> _What is needed_
Which lines below include the string "true"? Please show each one.

[Start of Attachment]

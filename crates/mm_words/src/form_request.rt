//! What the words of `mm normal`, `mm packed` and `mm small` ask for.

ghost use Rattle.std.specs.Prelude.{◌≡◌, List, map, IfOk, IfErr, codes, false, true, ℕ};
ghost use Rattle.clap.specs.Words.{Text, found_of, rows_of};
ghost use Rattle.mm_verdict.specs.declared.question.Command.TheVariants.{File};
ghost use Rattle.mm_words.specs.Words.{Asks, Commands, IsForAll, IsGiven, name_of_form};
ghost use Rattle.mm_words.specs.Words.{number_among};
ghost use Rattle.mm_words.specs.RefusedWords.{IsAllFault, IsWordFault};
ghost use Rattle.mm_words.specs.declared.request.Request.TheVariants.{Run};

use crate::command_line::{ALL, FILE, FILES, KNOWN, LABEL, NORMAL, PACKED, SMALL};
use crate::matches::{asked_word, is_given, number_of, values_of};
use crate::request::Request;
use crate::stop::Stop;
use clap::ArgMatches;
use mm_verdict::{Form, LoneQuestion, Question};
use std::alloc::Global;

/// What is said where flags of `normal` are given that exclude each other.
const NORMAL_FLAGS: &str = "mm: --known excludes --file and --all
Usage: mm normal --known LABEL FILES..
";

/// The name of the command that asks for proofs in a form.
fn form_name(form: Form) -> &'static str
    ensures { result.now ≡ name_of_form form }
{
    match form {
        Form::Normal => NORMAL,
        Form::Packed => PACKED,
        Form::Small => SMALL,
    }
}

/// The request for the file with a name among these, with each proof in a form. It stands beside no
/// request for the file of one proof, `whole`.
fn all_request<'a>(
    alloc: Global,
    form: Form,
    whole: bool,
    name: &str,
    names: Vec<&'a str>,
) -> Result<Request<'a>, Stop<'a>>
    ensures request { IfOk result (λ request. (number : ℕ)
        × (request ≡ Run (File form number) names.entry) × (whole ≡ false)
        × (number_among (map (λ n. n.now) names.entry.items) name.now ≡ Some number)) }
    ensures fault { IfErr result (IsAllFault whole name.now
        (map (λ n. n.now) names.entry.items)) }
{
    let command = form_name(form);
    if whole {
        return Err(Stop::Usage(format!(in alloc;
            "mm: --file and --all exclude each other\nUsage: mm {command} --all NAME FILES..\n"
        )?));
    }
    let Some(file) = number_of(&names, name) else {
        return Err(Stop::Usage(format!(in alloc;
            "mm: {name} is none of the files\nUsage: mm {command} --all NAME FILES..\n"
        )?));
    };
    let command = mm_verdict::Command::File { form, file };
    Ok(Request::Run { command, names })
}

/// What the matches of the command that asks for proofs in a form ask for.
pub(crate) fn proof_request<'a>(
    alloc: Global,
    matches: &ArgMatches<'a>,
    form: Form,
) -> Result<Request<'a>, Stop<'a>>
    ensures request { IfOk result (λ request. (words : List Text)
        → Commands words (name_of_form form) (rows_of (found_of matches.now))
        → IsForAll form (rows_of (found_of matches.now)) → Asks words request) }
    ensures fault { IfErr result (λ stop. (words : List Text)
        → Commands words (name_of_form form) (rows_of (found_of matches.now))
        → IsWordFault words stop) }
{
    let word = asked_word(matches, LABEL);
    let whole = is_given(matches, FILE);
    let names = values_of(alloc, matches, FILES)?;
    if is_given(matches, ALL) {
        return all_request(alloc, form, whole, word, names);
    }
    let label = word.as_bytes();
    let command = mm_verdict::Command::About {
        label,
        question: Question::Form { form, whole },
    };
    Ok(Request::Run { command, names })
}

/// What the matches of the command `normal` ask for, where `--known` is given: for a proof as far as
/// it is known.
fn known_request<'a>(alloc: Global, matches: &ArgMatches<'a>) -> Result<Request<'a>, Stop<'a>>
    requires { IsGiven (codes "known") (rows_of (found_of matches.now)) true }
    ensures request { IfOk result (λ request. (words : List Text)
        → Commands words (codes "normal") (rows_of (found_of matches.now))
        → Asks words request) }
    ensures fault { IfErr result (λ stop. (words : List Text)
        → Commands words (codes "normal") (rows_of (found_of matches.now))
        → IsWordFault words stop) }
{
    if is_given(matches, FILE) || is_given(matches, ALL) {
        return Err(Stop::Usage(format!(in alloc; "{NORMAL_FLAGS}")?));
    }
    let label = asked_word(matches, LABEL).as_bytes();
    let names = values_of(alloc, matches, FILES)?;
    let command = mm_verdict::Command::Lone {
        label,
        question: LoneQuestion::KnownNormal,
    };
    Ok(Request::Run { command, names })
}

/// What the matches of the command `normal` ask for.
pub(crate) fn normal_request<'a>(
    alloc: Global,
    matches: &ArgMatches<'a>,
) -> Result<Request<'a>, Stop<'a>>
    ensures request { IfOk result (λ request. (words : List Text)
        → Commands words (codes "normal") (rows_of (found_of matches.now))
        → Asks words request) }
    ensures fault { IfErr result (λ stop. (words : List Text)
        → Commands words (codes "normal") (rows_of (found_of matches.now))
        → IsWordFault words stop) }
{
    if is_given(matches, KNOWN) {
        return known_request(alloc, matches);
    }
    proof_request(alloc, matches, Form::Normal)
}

[End of Attachment]
[Start of Attachment]

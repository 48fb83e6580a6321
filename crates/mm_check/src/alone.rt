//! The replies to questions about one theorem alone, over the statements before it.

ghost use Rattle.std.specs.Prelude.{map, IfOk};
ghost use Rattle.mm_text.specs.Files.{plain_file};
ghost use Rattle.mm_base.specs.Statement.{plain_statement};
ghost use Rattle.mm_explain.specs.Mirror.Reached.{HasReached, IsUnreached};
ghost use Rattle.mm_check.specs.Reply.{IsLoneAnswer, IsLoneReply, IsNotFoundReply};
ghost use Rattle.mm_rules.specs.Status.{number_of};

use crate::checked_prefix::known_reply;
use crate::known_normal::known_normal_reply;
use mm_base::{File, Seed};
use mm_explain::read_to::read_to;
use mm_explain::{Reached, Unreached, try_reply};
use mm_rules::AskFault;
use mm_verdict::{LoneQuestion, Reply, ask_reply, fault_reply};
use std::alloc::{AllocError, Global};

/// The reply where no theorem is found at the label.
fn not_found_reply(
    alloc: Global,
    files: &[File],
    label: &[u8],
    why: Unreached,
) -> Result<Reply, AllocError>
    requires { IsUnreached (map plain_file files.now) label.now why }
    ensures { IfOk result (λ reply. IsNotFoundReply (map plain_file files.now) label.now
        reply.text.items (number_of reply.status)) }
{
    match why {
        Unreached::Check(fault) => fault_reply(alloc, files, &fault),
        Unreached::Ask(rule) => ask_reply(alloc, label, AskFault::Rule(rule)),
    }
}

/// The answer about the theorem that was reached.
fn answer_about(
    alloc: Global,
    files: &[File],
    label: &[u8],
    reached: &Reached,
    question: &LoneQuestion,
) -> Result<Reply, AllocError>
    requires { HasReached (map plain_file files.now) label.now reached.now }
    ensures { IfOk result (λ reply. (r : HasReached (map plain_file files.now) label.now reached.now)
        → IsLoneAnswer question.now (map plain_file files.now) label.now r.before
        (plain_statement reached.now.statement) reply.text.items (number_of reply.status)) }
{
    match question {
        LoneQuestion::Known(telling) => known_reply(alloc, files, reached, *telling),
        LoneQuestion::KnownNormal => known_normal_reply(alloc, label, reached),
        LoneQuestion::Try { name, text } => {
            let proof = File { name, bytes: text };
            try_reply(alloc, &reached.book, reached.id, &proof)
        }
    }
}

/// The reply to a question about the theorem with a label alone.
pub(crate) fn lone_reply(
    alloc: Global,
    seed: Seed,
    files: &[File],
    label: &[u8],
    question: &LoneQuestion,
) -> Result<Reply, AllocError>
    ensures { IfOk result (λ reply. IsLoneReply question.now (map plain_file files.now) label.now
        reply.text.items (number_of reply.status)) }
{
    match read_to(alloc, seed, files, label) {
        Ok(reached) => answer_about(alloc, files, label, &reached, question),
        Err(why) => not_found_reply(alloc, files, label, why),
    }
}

[End of Attachment]
[Start of Attachment]

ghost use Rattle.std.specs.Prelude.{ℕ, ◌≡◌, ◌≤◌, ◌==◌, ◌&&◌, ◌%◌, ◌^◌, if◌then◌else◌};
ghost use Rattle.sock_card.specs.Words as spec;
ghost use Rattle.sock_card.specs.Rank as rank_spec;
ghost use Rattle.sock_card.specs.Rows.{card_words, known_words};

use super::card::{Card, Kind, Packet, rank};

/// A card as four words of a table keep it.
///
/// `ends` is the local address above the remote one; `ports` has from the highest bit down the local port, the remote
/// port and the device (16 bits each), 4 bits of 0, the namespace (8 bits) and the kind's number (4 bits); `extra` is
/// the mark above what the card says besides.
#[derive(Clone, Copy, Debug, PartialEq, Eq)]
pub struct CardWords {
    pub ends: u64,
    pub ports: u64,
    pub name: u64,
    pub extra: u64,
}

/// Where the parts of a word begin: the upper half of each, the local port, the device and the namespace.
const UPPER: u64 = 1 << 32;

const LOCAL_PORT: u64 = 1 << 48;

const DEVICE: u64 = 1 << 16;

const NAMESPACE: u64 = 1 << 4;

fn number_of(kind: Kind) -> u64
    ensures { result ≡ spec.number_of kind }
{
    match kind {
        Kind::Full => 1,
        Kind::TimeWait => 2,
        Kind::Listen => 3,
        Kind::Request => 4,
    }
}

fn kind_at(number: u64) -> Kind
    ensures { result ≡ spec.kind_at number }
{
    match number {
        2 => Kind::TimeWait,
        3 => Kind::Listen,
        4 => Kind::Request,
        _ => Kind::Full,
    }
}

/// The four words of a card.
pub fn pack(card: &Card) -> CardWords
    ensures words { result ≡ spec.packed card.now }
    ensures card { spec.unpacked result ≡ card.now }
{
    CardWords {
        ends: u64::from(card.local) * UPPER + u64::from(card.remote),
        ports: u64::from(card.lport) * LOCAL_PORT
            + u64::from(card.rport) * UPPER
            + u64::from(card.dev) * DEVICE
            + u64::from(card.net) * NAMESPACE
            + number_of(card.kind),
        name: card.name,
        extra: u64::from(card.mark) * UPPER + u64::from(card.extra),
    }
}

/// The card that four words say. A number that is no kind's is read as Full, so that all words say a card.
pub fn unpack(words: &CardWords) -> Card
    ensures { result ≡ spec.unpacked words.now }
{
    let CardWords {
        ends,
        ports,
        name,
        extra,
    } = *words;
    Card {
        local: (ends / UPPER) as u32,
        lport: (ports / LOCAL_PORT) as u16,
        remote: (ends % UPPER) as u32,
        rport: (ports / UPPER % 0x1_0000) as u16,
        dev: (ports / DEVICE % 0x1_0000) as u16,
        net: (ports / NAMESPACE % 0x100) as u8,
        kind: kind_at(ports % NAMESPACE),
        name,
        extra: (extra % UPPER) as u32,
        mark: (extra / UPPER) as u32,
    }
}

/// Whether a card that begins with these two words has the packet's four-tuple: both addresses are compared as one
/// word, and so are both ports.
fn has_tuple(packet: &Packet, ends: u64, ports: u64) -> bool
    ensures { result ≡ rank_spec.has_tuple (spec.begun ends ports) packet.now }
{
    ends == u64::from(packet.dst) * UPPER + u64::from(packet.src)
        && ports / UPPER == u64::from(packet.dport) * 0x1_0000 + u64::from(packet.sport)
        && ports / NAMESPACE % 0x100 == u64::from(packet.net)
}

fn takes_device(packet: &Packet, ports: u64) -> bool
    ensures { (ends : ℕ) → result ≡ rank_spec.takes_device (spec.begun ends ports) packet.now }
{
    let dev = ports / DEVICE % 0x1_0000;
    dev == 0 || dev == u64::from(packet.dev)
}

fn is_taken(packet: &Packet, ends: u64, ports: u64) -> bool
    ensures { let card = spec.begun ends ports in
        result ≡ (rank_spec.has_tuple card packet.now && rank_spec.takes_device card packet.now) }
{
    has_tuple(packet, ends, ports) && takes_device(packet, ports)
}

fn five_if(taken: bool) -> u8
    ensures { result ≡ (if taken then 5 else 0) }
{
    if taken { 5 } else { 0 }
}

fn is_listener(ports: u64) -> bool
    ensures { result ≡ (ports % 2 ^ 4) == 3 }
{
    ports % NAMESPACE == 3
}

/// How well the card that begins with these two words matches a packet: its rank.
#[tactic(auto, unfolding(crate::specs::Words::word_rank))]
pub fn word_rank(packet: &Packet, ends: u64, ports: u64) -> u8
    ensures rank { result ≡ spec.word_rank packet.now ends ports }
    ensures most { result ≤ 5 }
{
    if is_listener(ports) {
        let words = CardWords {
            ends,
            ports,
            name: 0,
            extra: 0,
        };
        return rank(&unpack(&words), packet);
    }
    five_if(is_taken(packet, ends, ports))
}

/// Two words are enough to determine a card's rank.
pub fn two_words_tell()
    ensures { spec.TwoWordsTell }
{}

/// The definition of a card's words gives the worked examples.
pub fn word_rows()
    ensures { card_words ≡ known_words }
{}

[End of Attachment]

> _Task solution_
ghost use Rattle.std.specs.Prelude.{◌≡◌, List, map, IfOk, IfErr, codes, false, true, ℕ};
    requires { IsGiven (codes "known") (rows_of (found_of matches.now)) true }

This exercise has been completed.